_THE PROBLEM_
Look through the entries below and count the lines that contain "kept". Reply with that number only.

_MATERIALS PROVIDED_
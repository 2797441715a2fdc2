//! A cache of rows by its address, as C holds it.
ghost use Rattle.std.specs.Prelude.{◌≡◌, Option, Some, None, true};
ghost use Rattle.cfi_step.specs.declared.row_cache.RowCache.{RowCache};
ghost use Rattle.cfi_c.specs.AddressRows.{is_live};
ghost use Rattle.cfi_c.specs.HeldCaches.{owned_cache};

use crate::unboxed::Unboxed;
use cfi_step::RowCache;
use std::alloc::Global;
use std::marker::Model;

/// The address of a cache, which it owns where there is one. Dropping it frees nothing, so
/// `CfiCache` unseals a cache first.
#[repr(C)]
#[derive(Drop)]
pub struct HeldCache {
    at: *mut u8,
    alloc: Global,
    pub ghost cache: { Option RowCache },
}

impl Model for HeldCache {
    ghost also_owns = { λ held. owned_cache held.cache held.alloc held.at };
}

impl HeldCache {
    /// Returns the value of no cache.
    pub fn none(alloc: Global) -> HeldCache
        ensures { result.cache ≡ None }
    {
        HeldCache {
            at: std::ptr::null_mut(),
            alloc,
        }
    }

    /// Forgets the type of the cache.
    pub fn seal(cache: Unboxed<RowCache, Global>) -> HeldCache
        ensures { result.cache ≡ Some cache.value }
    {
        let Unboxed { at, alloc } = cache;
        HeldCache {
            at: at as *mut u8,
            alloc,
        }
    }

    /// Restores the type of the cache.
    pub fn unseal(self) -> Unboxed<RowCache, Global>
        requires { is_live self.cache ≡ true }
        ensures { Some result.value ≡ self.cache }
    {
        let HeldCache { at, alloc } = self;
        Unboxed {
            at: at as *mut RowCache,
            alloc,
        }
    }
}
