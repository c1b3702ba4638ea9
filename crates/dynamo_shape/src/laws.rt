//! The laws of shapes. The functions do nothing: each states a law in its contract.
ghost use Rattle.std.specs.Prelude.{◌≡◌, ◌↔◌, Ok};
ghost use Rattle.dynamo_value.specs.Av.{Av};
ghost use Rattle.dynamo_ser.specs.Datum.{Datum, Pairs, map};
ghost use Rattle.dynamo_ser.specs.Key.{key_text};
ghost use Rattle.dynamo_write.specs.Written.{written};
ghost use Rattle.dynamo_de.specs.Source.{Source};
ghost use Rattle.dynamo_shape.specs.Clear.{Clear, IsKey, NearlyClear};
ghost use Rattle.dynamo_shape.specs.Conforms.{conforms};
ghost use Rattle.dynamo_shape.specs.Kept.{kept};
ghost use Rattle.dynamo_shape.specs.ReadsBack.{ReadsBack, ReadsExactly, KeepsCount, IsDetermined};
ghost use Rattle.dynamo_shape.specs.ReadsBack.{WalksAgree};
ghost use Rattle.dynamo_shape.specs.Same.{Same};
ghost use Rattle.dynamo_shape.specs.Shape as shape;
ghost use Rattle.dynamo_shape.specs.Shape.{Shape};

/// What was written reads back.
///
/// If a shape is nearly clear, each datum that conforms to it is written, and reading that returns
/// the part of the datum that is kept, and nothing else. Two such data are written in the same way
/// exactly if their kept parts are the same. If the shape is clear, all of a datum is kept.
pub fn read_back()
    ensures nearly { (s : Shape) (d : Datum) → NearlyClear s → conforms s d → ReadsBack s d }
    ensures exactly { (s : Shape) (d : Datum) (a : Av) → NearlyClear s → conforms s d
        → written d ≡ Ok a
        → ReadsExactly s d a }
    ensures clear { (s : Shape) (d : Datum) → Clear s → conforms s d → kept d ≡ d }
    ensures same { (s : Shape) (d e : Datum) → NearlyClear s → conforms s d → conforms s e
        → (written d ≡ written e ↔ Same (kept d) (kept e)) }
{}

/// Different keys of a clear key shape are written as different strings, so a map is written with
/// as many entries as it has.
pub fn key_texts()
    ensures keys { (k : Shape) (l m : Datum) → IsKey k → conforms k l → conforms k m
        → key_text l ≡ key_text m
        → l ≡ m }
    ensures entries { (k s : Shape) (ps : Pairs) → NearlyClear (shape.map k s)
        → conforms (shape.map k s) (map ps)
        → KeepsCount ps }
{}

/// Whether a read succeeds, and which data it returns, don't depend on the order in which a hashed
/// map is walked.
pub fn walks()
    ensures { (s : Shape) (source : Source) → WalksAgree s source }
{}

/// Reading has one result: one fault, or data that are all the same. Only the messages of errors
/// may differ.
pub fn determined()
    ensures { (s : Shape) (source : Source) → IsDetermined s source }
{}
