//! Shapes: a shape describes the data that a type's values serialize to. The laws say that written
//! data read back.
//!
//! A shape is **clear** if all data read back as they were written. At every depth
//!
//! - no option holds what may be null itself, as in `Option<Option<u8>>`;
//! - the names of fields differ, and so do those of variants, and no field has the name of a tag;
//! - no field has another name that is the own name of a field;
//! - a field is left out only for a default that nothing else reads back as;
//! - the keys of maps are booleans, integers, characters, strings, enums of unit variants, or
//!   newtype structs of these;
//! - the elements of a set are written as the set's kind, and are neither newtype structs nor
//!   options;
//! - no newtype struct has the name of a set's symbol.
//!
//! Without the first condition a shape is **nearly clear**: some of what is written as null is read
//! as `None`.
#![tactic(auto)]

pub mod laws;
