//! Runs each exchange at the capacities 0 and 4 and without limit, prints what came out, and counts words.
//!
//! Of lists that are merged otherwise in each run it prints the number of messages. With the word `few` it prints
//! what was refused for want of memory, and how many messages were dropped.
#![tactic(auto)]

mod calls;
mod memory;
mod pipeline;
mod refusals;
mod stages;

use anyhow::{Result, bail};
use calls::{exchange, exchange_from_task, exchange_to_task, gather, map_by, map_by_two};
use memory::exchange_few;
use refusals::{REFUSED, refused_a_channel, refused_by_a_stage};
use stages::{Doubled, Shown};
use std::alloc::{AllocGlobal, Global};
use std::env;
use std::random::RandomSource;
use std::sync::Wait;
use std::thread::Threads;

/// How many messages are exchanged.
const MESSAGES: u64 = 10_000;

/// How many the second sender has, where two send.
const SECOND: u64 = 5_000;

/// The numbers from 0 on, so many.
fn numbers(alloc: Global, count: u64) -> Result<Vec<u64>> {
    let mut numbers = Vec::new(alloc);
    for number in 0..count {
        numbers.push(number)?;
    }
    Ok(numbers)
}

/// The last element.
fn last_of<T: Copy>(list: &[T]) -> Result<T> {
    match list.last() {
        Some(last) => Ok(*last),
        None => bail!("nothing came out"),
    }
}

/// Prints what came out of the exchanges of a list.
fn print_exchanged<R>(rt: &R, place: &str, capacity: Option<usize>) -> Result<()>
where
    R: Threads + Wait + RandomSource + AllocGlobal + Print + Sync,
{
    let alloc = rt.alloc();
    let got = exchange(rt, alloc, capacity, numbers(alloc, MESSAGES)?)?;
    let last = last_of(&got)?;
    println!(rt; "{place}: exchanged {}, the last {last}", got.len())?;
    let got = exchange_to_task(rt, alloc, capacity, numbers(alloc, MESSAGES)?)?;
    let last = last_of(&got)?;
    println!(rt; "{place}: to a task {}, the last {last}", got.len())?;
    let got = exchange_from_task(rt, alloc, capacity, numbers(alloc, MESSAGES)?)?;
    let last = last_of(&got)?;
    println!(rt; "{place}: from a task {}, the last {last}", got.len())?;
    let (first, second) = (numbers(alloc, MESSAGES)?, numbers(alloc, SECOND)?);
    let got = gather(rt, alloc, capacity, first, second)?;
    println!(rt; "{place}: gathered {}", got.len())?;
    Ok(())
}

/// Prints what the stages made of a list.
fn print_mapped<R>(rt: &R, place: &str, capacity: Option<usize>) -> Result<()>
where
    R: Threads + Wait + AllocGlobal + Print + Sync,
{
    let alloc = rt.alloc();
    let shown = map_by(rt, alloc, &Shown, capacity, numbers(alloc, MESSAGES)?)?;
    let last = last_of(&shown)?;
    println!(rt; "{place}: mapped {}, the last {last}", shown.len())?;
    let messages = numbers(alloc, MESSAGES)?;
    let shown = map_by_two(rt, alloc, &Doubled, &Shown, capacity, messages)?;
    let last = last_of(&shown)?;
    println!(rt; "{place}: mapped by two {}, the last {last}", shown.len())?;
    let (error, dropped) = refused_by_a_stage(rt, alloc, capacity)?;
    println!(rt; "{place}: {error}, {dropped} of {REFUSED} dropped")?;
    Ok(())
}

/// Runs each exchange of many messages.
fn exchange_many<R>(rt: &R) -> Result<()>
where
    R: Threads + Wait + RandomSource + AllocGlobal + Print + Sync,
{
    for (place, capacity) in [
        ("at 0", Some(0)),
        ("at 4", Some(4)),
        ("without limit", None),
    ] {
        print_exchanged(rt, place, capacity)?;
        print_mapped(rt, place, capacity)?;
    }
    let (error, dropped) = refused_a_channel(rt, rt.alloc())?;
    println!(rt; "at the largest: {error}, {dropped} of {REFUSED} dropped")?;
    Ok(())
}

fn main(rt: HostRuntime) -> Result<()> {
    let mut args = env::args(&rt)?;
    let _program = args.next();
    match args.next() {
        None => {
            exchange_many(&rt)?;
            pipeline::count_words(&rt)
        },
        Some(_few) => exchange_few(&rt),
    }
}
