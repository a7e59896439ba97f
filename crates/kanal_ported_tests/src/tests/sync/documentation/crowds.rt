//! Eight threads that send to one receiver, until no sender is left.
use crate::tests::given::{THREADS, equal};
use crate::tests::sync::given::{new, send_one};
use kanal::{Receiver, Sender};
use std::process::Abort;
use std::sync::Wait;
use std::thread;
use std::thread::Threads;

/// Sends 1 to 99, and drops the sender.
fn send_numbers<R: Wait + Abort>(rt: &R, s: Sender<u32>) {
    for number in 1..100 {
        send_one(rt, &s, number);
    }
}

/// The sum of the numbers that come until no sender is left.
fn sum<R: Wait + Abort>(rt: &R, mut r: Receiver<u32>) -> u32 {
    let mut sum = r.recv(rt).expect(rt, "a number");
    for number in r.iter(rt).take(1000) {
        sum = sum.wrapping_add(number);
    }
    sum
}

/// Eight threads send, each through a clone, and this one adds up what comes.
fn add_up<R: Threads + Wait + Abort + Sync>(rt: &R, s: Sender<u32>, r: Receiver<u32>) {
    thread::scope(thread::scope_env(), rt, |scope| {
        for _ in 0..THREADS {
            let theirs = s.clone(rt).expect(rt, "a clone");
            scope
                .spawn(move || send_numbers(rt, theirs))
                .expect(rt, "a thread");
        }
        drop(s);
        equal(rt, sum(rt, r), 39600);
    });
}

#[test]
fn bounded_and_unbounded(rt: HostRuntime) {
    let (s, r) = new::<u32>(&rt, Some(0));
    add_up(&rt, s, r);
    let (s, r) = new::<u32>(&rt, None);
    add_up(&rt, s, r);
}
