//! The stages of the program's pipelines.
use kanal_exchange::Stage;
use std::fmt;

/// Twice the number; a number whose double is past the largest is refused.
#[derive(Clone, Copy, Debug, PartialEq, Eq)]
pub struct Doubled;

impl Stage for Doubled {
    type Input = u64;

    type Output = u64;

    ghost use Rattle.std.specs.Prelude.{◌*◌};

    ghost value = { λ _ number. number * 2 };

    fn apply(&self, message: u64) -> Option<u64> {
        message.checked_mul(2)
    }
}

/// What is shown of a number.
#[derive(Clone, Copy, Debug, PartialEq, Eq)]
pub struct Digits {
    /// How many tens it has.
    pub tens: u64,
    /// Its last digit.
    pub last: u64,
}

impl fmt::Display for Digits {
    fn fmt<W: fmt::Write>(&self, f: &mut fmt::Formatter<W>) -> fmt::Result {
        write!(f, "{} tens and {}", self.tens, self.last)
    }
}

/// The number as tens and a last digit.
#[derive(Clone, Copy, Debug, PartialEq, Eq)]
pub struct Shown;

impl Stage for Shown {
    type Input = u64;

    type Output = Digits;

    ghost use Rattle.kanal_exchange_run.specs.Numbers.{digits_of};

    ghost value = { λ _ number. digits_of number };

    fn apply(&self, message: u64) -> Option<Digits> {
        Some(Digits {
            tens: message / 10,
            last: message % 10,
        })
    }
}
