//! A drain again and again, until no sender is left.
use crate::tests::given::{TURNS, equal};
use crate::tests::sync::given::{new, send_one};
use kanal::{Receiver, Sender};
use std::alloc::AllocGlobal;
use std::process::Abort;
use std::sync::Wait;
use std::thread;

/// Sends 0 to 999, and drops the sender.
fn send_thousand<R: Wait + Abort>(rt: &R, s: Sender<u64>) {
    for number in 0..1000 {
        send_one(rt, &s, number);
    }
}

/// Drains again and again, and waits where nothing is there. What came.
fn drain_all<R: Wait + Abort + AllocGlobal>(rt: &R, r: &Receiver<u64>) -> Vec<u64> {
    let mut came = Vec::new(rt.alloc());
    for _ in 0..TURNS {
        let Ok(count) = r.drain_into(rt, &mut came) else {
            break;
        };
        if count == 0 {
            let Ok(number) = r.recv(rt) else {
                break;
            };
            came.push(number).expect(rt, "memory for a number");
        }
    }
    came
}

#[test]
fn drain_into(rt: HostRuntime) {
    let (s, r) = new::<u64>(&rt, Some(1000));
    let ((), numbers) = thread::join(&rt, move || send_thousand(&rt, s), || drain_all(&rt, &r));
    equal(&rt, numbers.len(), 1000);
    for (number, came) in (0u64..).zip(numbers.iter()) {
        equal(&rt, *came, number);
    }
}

_YOUR RESPONSE_
5